Mapbox, Deck.gl, and Angular for Realtime Data Visualization
Disclaimer: I’ve spent around 5 hours exploring deck.gl for a singular purpose of trying to get data points to render from a stream of new data. so I might not hit all your questions/needs. Also, I don’t claim to be an expert on deck.gl, Mapbox, Angular, data science, etc.
First, let’s understand the goal we are trying to achieve in this blog post.
- Get an angular app running with a Mapbox map
- Add deck.gl library on top of our map
- Add some realtime data visualization
- Have fun learning :)
Okay, let’s go over some prerequisites for this tutorial
- Node.js and Angular CLI installed in your working environment
- A Mapbox access token
- You can sign up for a mapbox account (for free) here
➡️ ️Working Example Demo
Awesome, now let’s get started.
Setup
Run ng new mapbox-deck-viz --style=scss --routing
in the terminal to generate
a new angular app. Now let’s install some dependencies, we are only working with
a scatter plot today, but you want other layer types make sure to import that
library if needed. i.e. aggregation-layers for Hexagon Layers
npm install @deck.gl/{core,layers,mapbox} mapbox-gl @types/mapbox-gl
Note: there are no type definitions for deck.gl which is what made this project hard, along with most examples being for the react library instead of plain js.
Let’s add the Mapbox access token to our environment.ts
export const environment = {
production: false,
mapbox: {
accessToken: '', // Your access token goes here
},
};
Now to tell Mapbox what our access token is. In app.module.ts
add this code
import { HttpClientModule } from '@angular/common/http';
import { environment } from 'src/environments/environment';
import * as mapbox from 'mapbox-gl';
(mapbox as any).accessToken = environment.mapbox.accessToken;
Now let’s head to app.component.html
to set up our map markup
<div #mapEl class="app-main"></div>
Generate Map Service
Before we start setting up our map, we need to generate a service that will maintain our map instance, so we can use it throughout our app, and not run into any issues where the map isn’t loaded before we start trying to use it.

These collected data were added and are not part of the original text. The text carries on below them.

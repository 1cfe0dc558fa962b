//! The truth of values, for `if`, `and`, `or` and `not`.

ghost use Rattle.std.specs.Prelude.{◌≡◌};
ghost use Rattle.star_store.specs.Store.{look};
ghost use Rattle.star_store.specs.Truth.{truth};

use star_store::arena::{Arena, Homes};
use star_store::values::{Cell, Value};

/// Whether a value counts as true: all do but None, False, 0 and an empty string, list, tuple, dictionary, set or range.
pub fn is_true(arena: &Arena, homes: &Homes, value: Value) -> bool
    ensures { result ≡ truth (look arena.now homes.now) value }
{
    match value {
        Value::NoneValue => false,
        Value::Bool(b) => b,
        Value::Int(n) => n != 0,
        Value::Builtin(_) => true,
        Value::Ref { .. } => match arena.read(homes, value) {
            Some(Cell::Text(text)) => text.as_str().len() != 0,
            Some(Cell::Range(range)) => range.len() != 0,
            Some(Cell::Tuple(items)) => items.len() != 0,
            Some(Cell::List(items)) => items.len() != 0,
            Some(Cell::Dict(entries)) => entries.len() != 0,
            Some(Cell::Set(entries)) => entries.len() != 0,
            _ => true,
        },
    }
}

Generate a map service ng g s services/map/map
In the Map service, we just generated, add the following code in the
MapService
class and add any missing imports
map = new AsyncSubject<Map>();
constructor(
private http: HttpClient
) {
}
getData(file = 1): Observable<any> {
return this.http.get<any>(`../../../assets/data.${file}.json`);
}
Back to our app.component.ts
. Add the following code in AppComponent
and add
any missing imports
Hint: Map and Navigation Control are from ‘mapbox-gl’ node module
@ViewChild('mapEl', {static: true})
mapEl: ElementRef<HTMLDivElement>;
private map: Map;
constructor(
private mapSrv: MapService
) {
}
ngAfterViewInit(): void {
this.map = new Map({
container: this.mapEl.nativeElement,
style: 'mapbox://styles/mapbox/dark-v9',
center: {lng: -102.380979, lat: 35.877742},
zoom: 4,
pitch: 20,
attributionControl: false
});
this.map.addControl(
new NavigationControl({
showZoom: true,
showCompass: true,
visualizePitch: true,
}),
'top-right'
);
this.mapSrv.map.next(this.map);
this.map.on('load', () => {
console.log('map loaded');
this.mapSrv.map.complete();
});
}
What this code is doing is initializing the map with the United States basically centered in the middle of the screen and adds basic navigation controls in the top right once the app is loaded via the mapbox-gl library
Now we need to add some styles so our map is full screen. In
app.component.scss
add the following code
.app-main {
height: 100vh;
width: 100vw;
}
remove the default margin and padding on the browser
/* styles.scss */
html,
body {
margin: 0;
padding: 0;
}
run ng serve -o
in the projects root directory via the terminal and you should
get a page that looks like this.
Hint: don’t forget to import
HttpClientModule
in yourapp.module.ts
file
✅ Mapbox map in an Angular app. 🎉
Add Deck.gl
Onto step 2, let’s get some data to visualize.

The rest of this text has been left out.